The idea is rather simple and requires but one piece of support infrastructure that fortunately my fellow citizen coworker Ivan Storck is already hard at work on (more about that later).

So what’s the idea? Well, quite simply, it’s a web service that you use to offset the carbon footprint of your customers using your app. This would be mostly beneficial for larger services, but it’s my belief that every little bits counts!

For freemium services like Basecamp WordPress and Last.fm, providing an option for paying members to add $1/month to their bill in order to offset their use of your web service is where it begins. In exchange for this contribution, they would get a special distinction within the community, like a green avatar or badge to denote their carbon neutral status:

Last.fm Green

Now, this might seem like a trivial incentive, but then you might also be surprised to learn that the number one reason that people pay to upgrade their Flickr accounts is not because they need more storage or unlimited uploads, but instead because they want that tiny little PRO label next to their name. Offering a similar incentive on social networks — and making “offsetting cool” becomes a way to propagate this behavior, ultimately working towards completely offsetting the entirety of Web 2.0.
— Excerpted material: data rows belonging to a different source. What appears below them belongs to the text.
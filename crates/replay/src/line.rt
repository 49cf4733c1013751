//! The line of an answer: the number and the index of a refusal, or 0 and 0 and then the values.
use crate::case::Fault;
use crate::lent::{Element, Room, Rows};
use refusal::Refusal;
use rows::{Origin, ROW_WORDS};
use std::alloc::{AllocError, Global};
use std::fmt::Display;

/// The line so far, and whether what is to hold of the answer and of the lent slices doesn't.
#[derive(Drop)]
pub struct Line {
    text: String,
    touched: bool,
}

/// What a call answers, as values of its line.
pub trait Values: Copy {
    fn say(self, line: &mut Line) -> Result<(), Fault>;
}

impl Values for u64 {
    fn say(self, line: &mut Line) -> Result<(), Fault> {
        line.value(self)
    }
}

impl Values for i64 {
    fn say(self, line: &mut Line) -> Result<(), Fault> {
        line.value(self)
    }
}

impl Values for usize {
    fn say(self, line: &mut Line) -> Result<(), Fault> {
        line.value(self)
    }
}

impl Values for bool {
    fn say(self, line: &mut Line) -> Result<(), Fault> {
        line.value(self as u64)
    }
}

impl Line {
    pub fn new(alloc: Global) -> Line {
        Line {
            text: String::new(alloc),
            touched: false,
        }
    }

    /// A value, after a space unless it is the first.
    pub fn value<T: Display + Drop>(&mut self, x: T) -> Result<(), Fault> {
        let gap = if self.text.is_empty() { "" } else { " " };
        write!(self.text, "{gap}{x}")?;
        Ok(())
    }

    /// What a call answers, or why it refuses.
    pub fn answer<T: Values>(&mut self, answer: Result<T, Refusal>) -> Result<(), Fault> {
        match answer {
            Ok(values) => {
                self.value(0)?;
                self.value(0)?;
                values.say(self)
            }
            Err(refusal) => {
                self.value(refusal.reason.number())?;
                self.value(refusal.index)
            }
        }
    }

    /// The first n elements of a lent slice. What comes after them is to be as it was lent.
    pub fn written<T: Element + Display>(&mut self, room: &Room<T>, n: usize) -> Result<(), Fault> {
        for &x in room.held().iter().take(n) {
            self.value(x)?;
        }
        self.held_to(room.is_kept(n));
        Ok(())
    }

    /// The first n bytes of a lent slice, two hex digits each in one word, or no word where n is 0. What
    /// comes after them is to be as it was lent.
    pub fn bytes(&mut self, room: &Room<u8>, n: usize) -> Result<(), Fault> {
        if n != 0 {
            self.text.push(' ')?;
        }
        for &x in room.held().iter().take(n) {
            write!(self.text, "{x:02x}")?;
        }
        self.held_to(room.is_kept(n));
        Ok(())
    }

    /// How many rows were written, and the rows; a refusal writes none.
    pub fn rows(&mut self, answer: Result<usize, Refusal>, rows: &Rows) -> Result<(), Fault> {
        self.answer(answer)?;
        let n = answer.unwrap_or(0);
        self.written(&rows.words, n.saturating_mul(ROW_WORDS))?;
        self.written(&rows.shifts, n)
    }

    /// The first n origins of a lent slice: source, frame and flag of each, and then the shifts. What
    /// comes after them is to be as it was lent.
    pub fn origins(&mut self, room: &Room<Origin>, n: usize) -> Result<(), Fault> {
        for origin in room.held().iter().take(n) {
            self.value(origin.source)?;
            self.value(origin.frame)?;
            self.value(origin.flag)?;
        }
        for origin in room.held().iter().take(n) {
            self.value(origin.shift)?;
        }
        self.held_to(room.is_kept(n));
        Ok(())
    }

    /// A working slice is to hold nothing but 0.
    pub fn cleared<T: Element + Default>(&mut self, room: &Room<T>) {
        self.held_to(room.held().iter().all(|x| *x == T::default()));
    }

    /// What is to hold of an answer; where it doesn't, the line says so.
    pub fn held_to(&mut self, holds: bool) {
        self.touched |= !holds;
    }

    /// The whole line.
    pub fn ended(self) -> Result<String, AllocError> {
        let Line { mut text, touched } = self;
        if touched {
            text.push_str(" touched")?;
        }
        Ok(text)
    }
}
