//! What a program does about the desk that its words ask for: the numbers of `serve`, the desk itself, with a gate or
//! without, and how a desk's end is said.
//!
//! What it promises, and where to begin: `README.md` in this crate's folder.

#![tactic(auto)]

mod ends;
mod serving;
mod words;

pub use ends::say_end;
pub use serving::serve_asked;
pub use words::{ServeWords, serve_words};
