//! What of an entry makes the chain.

use git_object::ObjectId;

/// An entry's place in the chain.
#[derive(Clone, Copy, Debug, PartialEq, Eq, Drop)]
pub struct Head {
    /// Counted from 1.
    pub number: u64,
    /// The entry before it; None exactly for number 1.
    pub parent: Option<ObjectId>,
}
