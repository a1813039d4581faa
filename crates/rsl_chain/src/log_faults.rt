//! Why a log is refused.

ghost use Rattle.std.specs.Prelude.{◌≡◌};
ghost use Rattle.rsl_chain.specs.Logs.{fault_of_keeper};
ghost use Rattle.rsl_chain.specs.declared.log_faults.LogFault.TheVariants as fault;

use git_object::ObjectId;
use keeper_api::KeeperFault;
use octets::Memory;

/// Why a log or an entry was not read.
#[derive(Clone, Copy, Debug, PartialEq, Eq, Drop)]
pub enum LogFault {
    /// The commit of this id is missing or no entry, or its number is not the one that its child wants.
    Broken { id: ObjectId },
    /// The keeper failed. It comes exactly where the keeper counted a fault.
    Failed,
    Memory,
}

impl From<Memory> for LogFault {
    ghost from_gives = { λ _ e. e ≡ fault.Memory };

    fn from(_error: Memory) -> LogFault {
        LogFault::Memory
    }
}

impl From<KeeperFault> for LogFault {
    ghost from_gives = { λ e f. f ≡ fault_of_keeper e };

    fn from(error: KeeperFault) -> LogFault {
        match error {
            KeeperFault::Failed => LogFault::Failed,
            KeeperFault::Memory => LogFault::Memory,
        }
    }
}
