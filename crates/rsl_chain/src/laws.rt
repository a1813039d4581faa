//! What holds of the definitions. No call needs these functions: their contracts are the laws.

ghost use Rattle.std.specs.Prelude.{◌≡◌, ℕ, List};
ghost use Rattle.std.specs.Option.{option_map};
ghost use Rattle.git_object.specs.Repository.{Repository};
ghost use Rattle.rsl_chain.specs.FirstWrong.{FirstWrong};
ghost use Rattle.rsl_chain.specs.Logs.{entry_at, head_in, heads_of};
ghost use Rattle.rsl_chain.specs.Chain.{AreHeads, LogOrBreak, NeverBoth, OneBreak, OneLog};
ghost use Rattle.rsl_chain.specs.Growing.{LargerKeeps, LogGrows, NeverTheLog};

/// A repository has one log or one break, and never both.
pub fn logs()
    ensures one_log { OneLog }
    ensures one_break { OneBreak }
    ensures never_both { NeverBoth }
    ensures log_or_break { LogOrBreak }
{}

/// What the chain is made of are the heads of the entries that stand at the ids, each with a number from 1 to
/// 1,000,000 and without a parent exactly at 1.
pub fn heads()
    ensures are_heads { (r : Repository) → AreHeads (heads_of r) }
    ensures of_entries { (r : Repository) (id : List ℕ) → heads_of r id ≡ option_map head_in (entry_at r id) }
{}

/// The line that a refusal of a body names is the first after which no entry goes on: the lines before it are the
/// front of an entry's body, and with it they are the front of none.
pub fn first_wrong_line()
    ensures { FirstWrong }
{}

/// The log of a repository with one entry more is the old log and that entry, which counts those before it and goes
/// back to the last of them, where what the old ids lead to stays. In a larger repository it does.
pub fn log_grows()
    ensures grows { LogGrows }
    ensures larger { LargerKeeps }
{}

/// An entry that is read records no value of the log's own reference.
pub fn never_the_log()
    ensures { NeverTheLog }
{}
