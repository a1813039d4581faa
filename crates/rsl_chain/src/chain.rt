//! The log of a store.

ghost use Rattle.std.specs.Prelude.{◌≡◌, ◌≤◌, ◌+◌, ◌↔◌, length, reverse, IfOk, IfErr, IfSome, IsTrue, Some, None};
ghost use Rattle.octets.specs.Causes.{HasCause, one_more};
ghost use Rattle.git_object.specs.Objects.{pair_id};
ghost use Rattle.git_object.specs.Repository.{Repository};
ghost use Rattle.keeper_api.specs.Undisturbed.{Undisturbed};
ghost use Rattle.rsl_chain.specs.Chain.{IsBreak, IsHead, IsLog};
ghost use Rattle.rsl_chain.specs.Logs.{IsBrokenAs, IsBrokenFrom, IsLogOf, IsNamed, IsNoEntryAs, IsUnbroken, entry_at};
ghost use Rattle.rsl_chain.specs.Logs.{entry_of_pair, head_from, head_of, head_of_pair, heads_of, log_failed};
ghost use Rattle.rsl_chain.specs.Reading.{IsBadAs, reading};

use crate::Entry;
use crate::entry_faults::EntryFault;
use crate::heads::Head;
use crate::log_faults::LogFault;
use crate::reading::{read_as, read_lines};
use git_object::{Ids, Kind, Object, ObjectId, RefName};
use keeper_api::{Keeper, load_object};
use octets::Memory;
use std::alloc::Global;

/// The log: the ids of its entries, oldest first.
#[derive(Drop)]
pub struct Log {
    pub ids: Ids,
}

fn head_of(alloc: Global, body: &[u8]) -> Result<Head, EntryFault>
    ensures read { IfOk result (λ head. head_from (reading body.now) ≡ Some head) }
    ensures bad { IfErr result (IsBadAs (reading body.now)) }
{
    let (place, _parts) = read_lines(alloc, body, false)?;
    Ok(Head {
        number: place.number,
        parent: place.parent,
    })
}

// The head of an entry's body, or None where the body is no entry's.
#[tactic(auto, unfolding(crate::specs::Logs::head_of))]
fn read_head(alloc: Global, body: &[u8]) -> Result<Option<Head>, Memory>
    ensures head { IfOk result (λ found. found ≡ head_of body.now) }
{
    match head_of(alloc, body) {
        Ok(head) => Ok(Some(head)),
        Err(EntryFault::BadEntry { line: _ }) => Ok(None),
        Err(EntryFault::Memory) => Err(Memory),
    }
}

fn object_head(alloc: Global, object: &Object) -> Result<Option<Head>, Memory>
    ensures { IfOk result (λ found. found ≡ head_of_pair object.now.kind object.now.body) }
{
    match object.kind() {
        Kind::Commit => read_head(alloc, object.body()),
        Kind::Blob => Ok(None),
        Kind::Tree => Ok(None),
        Kind::Tag => Ok(None),
    }
}

// The head of the entry that an id leads to. It reads one object.
fn load_head<R: Keeper>(
    alloc: Global,
    keeper: &mut R,
    id: &ObjectId,
) -> Result<Option<Head>, LogFault>
    ensures answer { IfOk result (λ found. (r : Repository) → R.content keeper.new ≡ Some r → heads_of r id.now ≡ found) }
    ensures valid { IfOk result (λ found. IfSome found IsHead) }
    ensures unbroken { IfErr result IsUnbroken }
    ensures same { Undisturbed R.Keeper keeper.old keeper.new }
    ensures cause { HasCause log_failed (R.faults keeper.old) (R.faults keeper.new) result }
    ensures reads { R.reads keeper.new ≡ one_more (R.reads keeper.old) }
{
    match load_object(alloc, keeper, id)? {
        Some(object) => Ok(object_head(alloc, &object)?),
        None => Ok(None),
    }
}

/// The entry that an object is, under the id that it has already: nothing is hashed.
pub fn object_entry(alloc: Global, object: &Object) -> Result<Option<Entry>, Memory>
    ensures { IfOk result (λ found. found ≡ entry_of_pair (pair_id object.now) object.now.kind object.now.body) }
{
    match object.kind() {
        Kind::Commit => match read_as(alloc, object.id(), object.body()) {
            Ok(entry) => Ok(Some(entry)),
            Err(EntryFault::BadEntry { line: _ }) => Ok(None),
            Err(EntryFault::Memory) => Err(Memory),
        },
        Kind::Blob => Ok(None),
        Kind::Tree => Ok(None),
        Kind::Tag => Ok(None),
    }
}

/// The entry that stands at an id. It reads one object. `Broken` names the id, and comes exactly where what is there
/// is missing, is no commit, or breaks the grammar of entries.
pub fn read_entry<R: Keeper>(
    alloc: Global,
    keeper: &mut R,
    id: &ObjectId,
) -> Result<Entry, LogFault>
    ensures entry { IfOk result (λ entry. (r : Repository) → R.content keeper.new ≡ Some r
        → entry_at r id.now ≡ Some entry) }
    ensures broken { IfErr result (λ fault. (r : Repository) → R.content keeper.new ≡ Some r
        → IsNoEntryAs r id.now fault) }
    ensures named { IfErr result (IsNamed id.now) }
    ensures own { IfOk result (λ entry. entry.id ≡ id.now) }
    ensures same { Undisturbed R.Keeper keeper.old keeper.new }
    ensures cause { HasCause log_failed (R.faults keeper.old) (R.faults keeper.new) result }
    ensures reads { R.reads keeper.new ≡ one_more (R.reads keeper.old) }
{
    let Some(object) = load_object(alloc, keeper, id)? else {
        return Err(LogFault::Broken { id: *id });
    };
    match object_entry(alloc, &object)? {
        Some(entry) => Ok(entry),
        None => Err(LogFault::Broken { id: *id }),
    }
}

fn is_wanted(wanted: Option<u64>, number: u64) -> bool
    ensures { IsTrue result ↔ IfSome wanted (λ n. number ≡ n) }
{
    match wanted {
        Some(wanted) => number == wanted,
        None => true,
    }
}

// The ids of the entries back from the tip, newest first.
fn walk_back<R: Keeper>(alloc: Global, keeper: &mut R, tip: &ObjectId) -> Result<Ids, LogFault>
    ensures log { IfOk result (λ ids. (r : Repository) → R.content keeper.new ≡ Some r
        → IsLog (heads_of r) (Some tip.now) (reverse ids)) }
    ensures few { IfOk result (λ ids. length ids ≤ 1000000) }
    ensures broken { IfErr result (λ fault. (r : Repository) → R.content keeper.new ≡ Some r
        → IsBrokenFrom r tip.now fault) }
    ensures same { Undisturbed R.Keeper keeper.old keeper.new }
    ensures cause { HasCause log_failed (R.faults keeper.old) (R.faults keeper.new) result }
    ensures reads { IfOk result (λ ids. R.reads keeper.new ≤ R.reads keeper.old + length ids) }
    ensures most { R.reads keeper.new ≤ R.reads keeper.old + 1000000 }
{
    let mut ids = Ids::new(alloc);
    let mut at = *tip;
    let mut wanted: Option<u64> = None;
    'entries: loop {
        let Some(head) = load_head(alloc, keeper, &at)? else {
            return Err(LogFault::Broken { id: at });
        };
        if !is_wanted(wanted, head.number) {
            return Err(LogFault::Broken { id: at });
        }
        ids.push(at)?;
        let Some(parent) = head.parent else {
            return Ok(ids);
        };
        at = parent;
        wanted = Some(head.number - 1);
    }
}

impl Log {
    /// The log of a store's repository: back from the tip over the only parents to the first entry. It reads each
    /// entry's commit once and holds one at a time, and 32 bytes for each entry. `Broken` names the first commit from
    /// the tip that is missing or no entry, or whose number is not one less than its child's.
    pub fn load<R: Keeper>(alloc: Global, keeper: &mut R) -> Result<Log, LogFault>
        ensures log { IfOk result (λ log. (r : Repository) → R.content keeper.new ≡ Some r → IsLogOf r log.ids) }
        ensures few { IfOk result (λ log. length log.ids ≤ 1000000) }
        ensures broken { IfErr result (λ fault. (r : Repository) → R.content keeper.new ≡ Some r → IsBrokenAs r fault) }
        ensures same { Undisturbed R.Keeper keeper.old keeper.new }
        ensures cause { HasCause log_failed (R.faults keeper.old) (R.faults keeper.new) result }
        ensures reads { IfOk result (λ log. R.reads keeper.new ≤ R.reads keeper.old + length log.ids) }
        ensures most { R.reads keeper.new ≤ R.reads keeper.old + 1000000 }
    {
        let name = RefName::of_log(alloc)?;
        let Some(tip) = keeper.read_ref(alloc, &name)? else {
            return Ok(Log {
                ids: Ids::new(alloc),
            });
        };
        let mut ids = walk_back(alloc, keeper, &tip)?;
        ids.reverse();
        Ok(Log { ids })
    }
}
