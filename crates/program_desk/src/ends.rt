//! How a desk's end is said.

ghost use Rattle.std.specs.Prelude.{◌≡◌};
ghost use Rattle.program_desk.specs.Statuses.{end_status};

use desk_http::DeskFault;
use edge_io::StdSink;
use program_stores::refuse;
use std::io::Write;
use worlds::{Part, Refusal, print_break};

/// Says why a desk is not open or serves no more, where that can be written, and answers the program's status. The
/// commit at which the log breaks is said on standard output, by the line of every command.
pub fn say_end<O: Write + Drop, E: Write + Drop>(
    out: O,
    faults_out: E,
    end: &Result<(), DeskFault>,
) -> u8
    ensures { result ≡ end_status end.now }
{
    match end {
        Ok(()) => 0,
        Err(DeskFault::LogBroken { id }) => {
            let mut sink = StdSink::new(out);
            let _ = print_break(&mut sink, id);
            3
        }
        Err(DeskFault::KeeperFailed) => refuse(faults_out, &Refusal::Fault { part: Part::Keeper }),
        Err(DeskFault::NoListener) => refuse(faults_out, &Refusal::Fault { part: Part::Source }),
        Err(DeskFault::DoorFailed) => refuse(faults_out, &Refusal::Fault { part: Part::Source }),
        Err(DeskFault::Memory) => refuse(faults_out, &Refusal::Memory),
    }
}
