//! Entries and their bodies.

use git_object::{Ids, KeyId, ObjectId, RefName};
use octets::Octets;

/// What an entry says.
#[derive(Drop)]
pub enum EntryBody {
    /// A reference has a new target; the id of zeros stands for a reference that was deleted.
    Reference {
        name: RefName,
        target: ObjectId,
    },
    /// Earlier entries, by their ids, are skipped or just spoken of.
    Annotation {
        ids: Ids,
        skip: bool,
        message: Octets,
    },
}

/// An entry of the log: a commit's id and what was read of its body.
#[derive(Drop)]
pub struct Entry {
    pub id: ObjectId,
    /// The entry's place in the log, counted from 1.
    pub number: u64,
    /// The entry before it; None exactly for number 1.
    pub parent: Option<ObjectId>,
    pub body: EntryBody,
    /// The id of the key that the entry names as its signer's.
    pub signer: Option<KeyId>,
    /// The signature over `signed`; empty where the entry is not signed.
    pub signature: Octets,
    /// The bytes that are signed: the commit's body without the signature's line.
    pub signed: Octets,
}
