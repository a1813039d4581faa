//! The table of an entry's body: what a line does at each place.

ghost use Rattle.std.specs.Prelude.{◌≡◌, IfOk};
ghost use Rattle.rsl_chain.specs.Grammar;
ghost use Rattle.rsl_chain.specs.Lines.{is_full};
ghost use Rattle.rsl_chain.specs.declared.places.Want.TheVariants as Want;

use crate::places::{Part, Place, Step, Want};
use crate::words::{
    SignatureLine, begins, id_after, is_full, is_line, name_after, number_after, piece_text,
    signature_after,
};
use git_object::{ObjectId, RefName};
use octets::{Memory, Octets};
use std::alloc::Global;

pub(crate) const TREE_LINE: &[u8] =
    b"tree 6ef19b41225c5369f1c104d45d8d85efa9b057b53b14b4b9b939dd74decc5321";

pub(crate) const MESSAGE_BEGIN: &[u8] = b"-----BEGIN MESSAGE-----";

pub(crate) const MESSAGE_END: &[u8] = b"-----END MESSAGE-----";

fn goes(want: Want, part: Part, at: &Place) -> Option<Step>
    ensures { result ≡ Grammar.goes want part at.now }
{
    let place = Place {
        want,
        parent: at.parent,
        number: at.number,
        ids: at.ids,
    };
    Some(Step { place, part })
}

fn plain_if(is: bool, want: Want, at: &Place) -> Option<Step>
    ensures { result ≡ Grammar.plain_if is want at.now }
{
    if !is {
        return None;
    }
    goes(want, Part::Nothing, at)
}

fn author_step(line: &[u8], at: &Place) -> Option<Step>
    ensures { result ≡ Grammar.author_step line.now at.now }
{
    plain_if(begins(line, b"author "), Want::Committer, at)
}

fn parent_step(parent: Option<ObjectId>, line: &[u8], at: &Place) -> Option<Step>
    ensures { result ≡ Grammar.parent_step parent line.now at.now }
{
    match parent {
        Some(id) => {
            let place = Place {
                want: Want::Author,
                parent: Some(id),
                number: at.number,
                ids: at.ids,
            };
            let part = Part::Parent(id);
            Some(Step { place, part })
        }
        None => author_step(line, at),
    }
}

fn signature_step(found: Option<SignatureLine>, line: &[u8], at: &Place) -> Option<Step>
    ensures { result ≡ Grammar.signature_step found line.now at.now }
{
    match found {
        Some(found) => goes(Want::Gap, Part::Signature(found), at),
        None => plain_if(line.is_empty(), Want::Title, at),
    }
}

fn title_step(line: &[u8], at: &Place) -> Option<Step>
    ensures { result ≡ Grammar.row Want.Title line.now at.now }
{
    if is_line(line, b"RSL Reference Entry") {
        return goes(Want::ReferenceGap, Part::Nothing, at);
    }
    plain_if(
        is_line(line, b"RSL Annotation Entry"),
        Want::AnnotationGap,
        at,
    )
}

fn name_step(name: Option<RefName>, at: &Place) -> Option<Step>
    ensures { result ≡ Grammar.name_step name at.now }
{
    match name {
        Some(name) => goes(Want::ReferenceTarget, Part::Name(name), at),
        None => None,
    }
}

fn target_step(id: Option<ObjectId>, at: &Place) -> Option<Step>
    ensures { result ≡ Grammar.target_step id at.now }
{
    match id {
        Some(id) => goes(Want::ReferenceNumber, Part::Target(id), at),
        None => None,
    }
}

fn fits(number: u64, parent: &Option<ObjectId>) -> bool
    ensures { result ≡ Grammar.fits number parent.now }
{
    match parent {
        None => number == 1,
        Some(_) => 2 <= number,
    }
}

fn number_step(want: Want, number: Option<u64>, at: &Place) -> Option<Step>
    ensures { result ≡ Grammar.number_step want number at.now }
{
    match number {
        Some(number) => {
            if !fits(number, &at.parent) {
                return None;
            }
            let place = Place {
                want,
                parent: at.parent,
                number,
                ids: at.ids,
            };
            let part = Part::Number(number);
            Some(Step { place, part })
        }
        None => None,
    }
}

fn first_id_step(id: Option<ObjectId>, at: &Place) -> Option<Step>
    ensures { result ≡ Grammar.first_id_step id at.now }
{
    match id {
        Some(id) => {
            let place = Place {
                want: Want::IdOrSkip,
                parent: at.parent,
                number: at.number,
                ids: 1,
            };
            let part = Part::Id(id);
            Some(Step { place, part })
        }
        None => None,
    }
}

fn id_step(id: Option<ObjectId>, at: &Place) -> Option<Step>
    ensures { result ≡ Grammar.id_step id at.now }
{
    match id {
        Some(id) => {
            if at.ids >= 256 {
                return None;
            }
            let place = Place {
                want: Want::IdOrSkip,
                parent: at.parent,
                number: at.number,
                ids: at.ids + 1,
            };
            let part = Part::Id(id);
            Some(Step { place, part })
        }
        None => None,
    }
}

fn skip_step(line: &[u8], at: &Place) -> Option<Step>
    ensures { result ≡ Grammar.id_or_skip_step None line.now at.now }
{
    if is_line(line, b"skip: true") {
        return goes(Want::AnnotationNumber, Part::Skip(true), at);
    }
    if is_line(line, b"skip: false") {
        return goes(Want::AnnotationNumber, Part::Skip(false), at);
    }
    None
}

fn id_or_skip_step(id: Option<ObjectId>, line: &[u8], at: &Place) -> Option<Step>
    ensures { result ≡ Grammar.id_or_skip_step id line.now at.now }
{
    match id {
        Some(id) => id_step(Some(id), at),
        None => skip_step(line, at),
    }
}

fn piece_want(full: bool) -> Want
    ensures { result ≡ Grammar.piece_want full }
{
    if full {
        return Want::PieceOrMessageEnd;
    }
    Want::MessageEnd
}

fn piece_step(bytes: Option<Octets>, line: &[u8], at: &Place) -> Option<Step>
    ensures { result ≡ Grammar.piece_step bytes (is_full line.now) at.now }
{
    match bytes {
        Some(bytes) => goes(piece_want(is_full(line)), Part::Piece(bytes), at),
        None => None,
    }
}

fn piece_or_end_step(alloc: Global, line: &[u8], at: &Place) -> Result<Option<Step>, Memory>
    ensures { IfOk result (λ found. found ≡ Grammar.row Want.PieceOrMessageEnd line.now at.now) }
{
    if is_line(line, MESSAGE_END) {
        return Ok(goes(Want::End, Part::Nothing, at));
    }
    Ok(piece_step(piece_text(alloc, line)?, line, at))
}

/// The step that a line takes from a place, or None where the line is not as wanted there.
#[tactic(auto, unfolding(crate::specs::Grammar::step))]
pub(crate) fn step(alloc: Global, at: &Place, line: &[u8]) -> Result<Option<Step>, Memory>
    ensures { IfOk result (λ found. found ≡ Grammar.step at.now line.now) }
{
    match at.want {
        Want::Tree => Ok(plain_if(is_line(line, TREE_LINE), Want::ParentOrAuthor, at)),
        Want::ParentOrAuthor => Ok(parent_step(id_after(line, b"parent "), line, at)),
        Want::Author => Ok(author_step(line, at)),
        Want::Committer => Ok(plain_if(begins(line, b"committer "), Want::SignatureOrGap, at)),
        Want::SignatureOrGap => Ok(signature_step(signature_after(alloc, line)?, line, at)),
        Want::Gap => Ok(plain_if(line.is_empty(), Want::Title, at)),
        Want::Title => Ok(title_step(line, at)),
        Want::ReferenceGap => Ok(plain_if(line.is_empty(), Want::ReferenceName, at)),
        Want::ReferenceName => Ok(name_step(name_after(alloc, line)?, at)),
        Want::ReferenceTarget => Ok(target_step(id_after(line, b"targetID: "), at)),
        Want::ReferenceNumber => Ok(number_step(Want::End, number_after(line), at)),
        Want::AnnotationGap => Ok(plain_if(line.is_empty(), Want::FirstId, at)),
        Want::FirstId => Ok(first_id_step(id_after(line, b"entryID: "), at)),
        Want::IdOrSkip => Ok(id_or_skip_step(id_after(line, b"entryID: "), line, at)),
        Want::AnnotationNumber => Ok(number_step(Want::MessageOrEnd, number_after(line), at)),
        Want::MessageOrEnd => Ok(plain_if(is_line(line, MESSAGE_BEGIN), Want::FirstPiece, at)),
        Want::FirstPiece => Ok(piece_step(piece_text(alloc, line)?, line, at)),
        Want::PieceOrMessageEnd => piece_or_end_step(alloc, line, at),
        Want::MessageEnd => Ok(plain_if(is_line(line, MESSAGE_END), Want::End, at)),
        Want::End => Ok(None),
    }
}

/// Whether a body may end at the place.
pub(crate) fn may_end(want: Want) -> bool
    ensures { result ≡ Grammar.may_end want }
{
    matches!(want, Want::MessageOrEnd | Want::End)
}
Now, those of you who have read up on or know anything about the power that servers draw will quickly be able to recognize that $1 month to offset a single user account is going overboard, given that it technically only costs a few cents per month to power most people’s individual use of social networking sites. And while you wouldn’t be wrong, you’ve hit on an interesting social component of this campaign: those who want to offset can do so, and in doing so, won’t just be offsetting their footprint, but some their neighbors as well, in an act straight out of Caterina Fake’s culture of generosity. So it’s not so much about offsetting one’s personal use, but on offsetting at a social level — and that this good deed is reflected a user’s avatar or badge means that anyone can effectively “upgrade” themselves to carbon neutral status — once they get annoyed that all their friends have “leveled up” and they haven’t. Meanwhile, those who have upgraded as a proactive choice can feel reassured that their influence is affecting those around them to make similar decisions, even if for different reasons — in the end, the result doubleplusgood.

So, about that API that I mentioned. It’s important to realize that 1) we’re in the early stages of and the 2) not all carbon offsetting funds are created equal (this is something I’m becoming evermore familiar with as we move to certify Citizen Space as a green office). Therefore, Ivan (who I mentioned and who also runs Sustainable Marketing and Sustainable Websites) has begun work on an API that will allow companies to purchase carbon offsets in bulk based on the actual amount of power consumed in something like a server farm evnironment (where power measurements are fairly easy to come by). Once initiated, the purchase will likely take place through one of Ivan’s affiliates based here in San Francisco called 3 Phases. In any case, we’re in the beginning phases of making this happen, but if you’re interested in helping or in offsetting your customers’ usage, leave a comment or drop me a note and we’ll see if we can’t push this work forward.

Likewise, if you can think of other ways to minimize the environmental footprint of your webservice or web office, blog about it and let others know! We’re doing what we can to create green coworking spaces and the more success stories we come across, the better.